Évaluez en fonction de votre modèle d'affaires

Avant de comparer les avantages et les inconvénients de chacune des options, il faut vérifier ce qu'on a le droit de faire, répond Cédric Fontaine, consultant en commerce électronique. « Si vous fabriquez vous-même vos produits, c'est sûr que vous aurez le choix des modes de distribution, explique celui qui exploite aussi la boutique en ligne Terroirs Québec. Par contre, si vous distribuez d'autres produits, certaines marques ont des contraintes sur les prix et les endroits où on peut les vendre. »

Gardez à l'esprit l'impact que votre politique de prix en ligne aura sur vos partenaires d'affaires, poursuit M. Fontaine. « Si vous êtes un fabricant qui vendez vos produits chez d'autres détaillants, il est mal vu de concurrencer votre réseau de distribution avec des prix inférieurs aux leurs. Le détaillant qui fait l'effort de mettre en valeur vos produits se trouvera dans une situation fâcheuse si ses clients rouspètent parce que l'article est plus cher chez lui qu'en ligne. »

Une fois ces considérations prises en compte, il reste à voir la plateforme qui convient le mieux à votre modèle d'affaires. Parmi les marchés disponibles, on compte Amazon (la plus achalandée), Walmart (qui développe une offre concurrente), eBay (moins populaire, mais toujours pertinente dans certains cas particuliers), et Etsy (davantage pour les artisans et ceux qui vendent des produits à temps partiel). « En théorie, je conseillerais d'avoir sa propre boutique, d'être présent sur les médiaux sociaux et d'être sur au moins une place de marché, énumère M. Fontaine.
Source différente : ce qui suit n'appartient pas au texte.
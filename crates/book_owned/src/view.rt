ghost use Rattle.std.specs.Prelude.{◌≡◌, ◌+◌, ◌^◌, ◌<◌, ℕ, Bool, true, List, [], ◌++◌, length, OnOk, OnErr};
ghost use Rattle.std.specs.Arc.{arc_value};
ghost use mathlib.Core.List.{IsPrefix};
ghost use Rattle.mdf_num.specs.Halt.{Wants};
ghost use Rattle.mdf_layout.specs.declared.sample.Sample.{Sample};

use mdf_layout::Chunk;
use mdf_num::Memory;
use std::sync::{Arc, Wait};
use std::thread::Threads;

/// Who is shown the samples that are kept.
pub trait Shown {
    /// What tells a reader of it how much is shown.
    type Note: Drop;

    /// Whether a publishing may want memory.
    ghost may_want: { Bool } = { true };

    /// A list of samples that may be the one that is shown. A view that only counts does not tell them apart.
    ghost shows: { Self → List Sample → Type 0 };

    /// A list of samples that readers may see: what is shown, and what could not be shown for want of memory.
    ghost hands: { Self → List Sample → Type 0 };

    /// How many samples are shown.
    ghost count: { Self → ℕ };

    /// Which view it is.
    ghost which: { Self → ℕ };

    /// What a note tells of: which view, and a list of samples that may be the one that was shown when it was made.
    ghost tells: { Self.Note → ℕ → List Sample → Type 0 };

    /// Shows the samples of this chunk too. What was handed to readers before has to begin what is shown with them.
    ///
    /// # Errors
    /// Want of memory: what is shown is as before.
    fn publish<R: Threads + Wait + Sync>(
        &mut self,
        rt: &R,
        chunk: &Arc<Chunk>,
    ) -> Result<(), Memory>
        requires room { count self.old + length (arc_value chunk.now) < 2 ^ 64 }
        requires handed { (shown : List Sample) × shows self.old shown
            × ((handed : List Sample) → hands self.old handed → IsPrefix handed (shown ++ arc_value chunk.now)) }
        ensures ok { OnOk result ((shown : List Sample) → shows self.old shown → shows self.new (shown ++ arc_value chunk.now)) }
        ensures counted { OnOk result (count self.new ≡ count self.old + length (arc_value chunk.now)) }
        ensures err { OnErr result ((shown : List Sample) → shows self.old shown → shows self.new shown) }
        ensures as_before { OnErr result (count self.new ≡ count self.old) }
        ensures handed { (shown : List Sample) → shows self.old shown
            → ((handed : List Sample) → hands self.old handed → IsPrefix handed (shown ++ arc_value chunk.now))
            → (handed : List Sample) → hands self.new handed → IsPrefix handed (shown ++ arc_value chunk.now) }
        ensures same { which self.new ≡ which self.old }
        ensures wants { OnErr result (Wants may_want) };

    /// How many samples are shown.
    fn shown(&self) -> u64
        ensures { result ≡ count self.now };

    /// A note of what is shown now.
    fn told(&mut self) -> Self::Note
        ensures note { (shown : List Sample) → shows self.old shown → tells result (which self.old) shown }
        ensures shown { (shown : List Sample) → shows self.old shown → shows self.new shown }
        ensures handed { (handed : List Sample) → hands self.new handed → hands self.old handed }
        ensures counted { count self.new ≡ count self.old }
        ensures same { which self.new ≡ which self.old };
}

/// A view that counts and shows nobody anything. It wants no memory.
#[derive(Debug, Drop)]
pub struct NoView {
    count: u64,
}

impl NoView {
    pub fn new() -> NoView
        ensures { result.count ≡ 0 }
    {
        NoView { count: 0 }
    }
}

impl Shown for NoView {
    ghost use Rattle.std.specs.Prelude.{◌≡◌, false, [], length};

    type Note = ();

    ghost may_want = { false };

    ghost shows = { λ view samples. length samples ≡ view.count };

    ghost hands = { λ view samples. samples ≡ [] };

    ghost count = { λ view. view.count };

    ghost which = { λ view. 0 };

    ghost tells = { λ note which shown. Unit {0} };

    fn publish<R: Threads + Wait + Sync>(
        &mut self,
        _rt: &R,
        chunk: &Arc<Chunk>,
    ) -> Result<(), Memory> {
        self.count += chunk.len();
        Ok(())
    }

    fn shown(&self) -> u64 {
        self.count
    }

    fn told(&mut self) {}
}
Mais, je comprends qu'on ne peut pas nécessairement tout faire. »

Les pour et les contre

Être sur Amazon présente ses avantages et ses inconvénients, juge David Grégoire, président de Monsieur eCommerce. D'un côté, la taille du réseau vous donne accès à de nouveaux clients potentiels, qui fréquentent régulièrement Amazon. À condition que votre produit ne soit pas noyé dans le moteur de recherche du géant du Web. De l'autre, vous perdez toutefois le contrôle de vos relations avec les clients. « Le client appartient à Amazon, il ne vous appartient pas. Vous ne pouvez pas faire de marketing pour qu'il achète à nouveau ou pour que sa commande soit plus grosse. »

Ce manque de contrôle fait de vous un « vendeur jetable », prévient M. Fontaine. « La plateforme, que ce soit Amazon ou Walmart, aura accès à toutes les données sur vos ventes. Si elles voient que vos ventes vont bien pour un produit que vous distribuez, mais ne fabriquez pas, elles auront le loisir d'appeler directement le fabricant et de vous concurrencer. Vous leur transmettez donc gratuitement des données. En fait, ce n'est même pas "gratuit" puisque vous payez pour être sur la plateforme. »

Avoir votre boutique en ligne vous donnera un plus grand contrôle, mais cela exigera d'importantes dépenses en marketing pour amener les gens vers votre site. « Le trafic ne va pas arriver du jour au lendemain, par hasard, commente Jean-Simon Boivin, directeur de compte pour l'agence numérique Reptile. Ça nécessite du temps pour être bien référencé sur Google, mais c'est sûr que ça demandera des investissements. »

Combien ça coûte ?

Désormais, créer sa propre boutique en ligne est devenu relativement simple et abordable, selon nos trois experts. Des entreprises comme Shopify, Panier d'achat ou Lightspeed, notamment, peuvent vous permettre de créer un site pour un montant allant de 30 $ à quelques centaines de dollars.

Évidemment, il existe des options plus coûteuses utilisées par les grandes organisations, qui peuvent coûter des dizaines de milliers de dollars. La bonne nouvelle, c'est que vous n'avez pas à être gêné de prendre l'option la moins coûteuse, assure M. Grégoire. « La réalité, c'est que les sites des grands acteurs ne sont pas si en avance lorsqu'on regarde les fonctionnalités sur leurs sites. Ils ne sont pas nécessairement en avance sur les petits acteurs, mais les petites entreprises seront beaucoup plus agiles. Mieux vaut partir petit et rester agile. »

Sur Amazon, le principe est relativement le même. Le coût d'ouverture d'un compte est relativement modeste (30 $ par mois pour un forfait professionnel). La plus grande partie du coût viendra après, soit les divers frais et redevances demandés par Amazon, selon votre forfait. Il faudra donc vous assurer que vos marges sont suffisamment élevées pour encaisser ces coûts et demeurer rentables.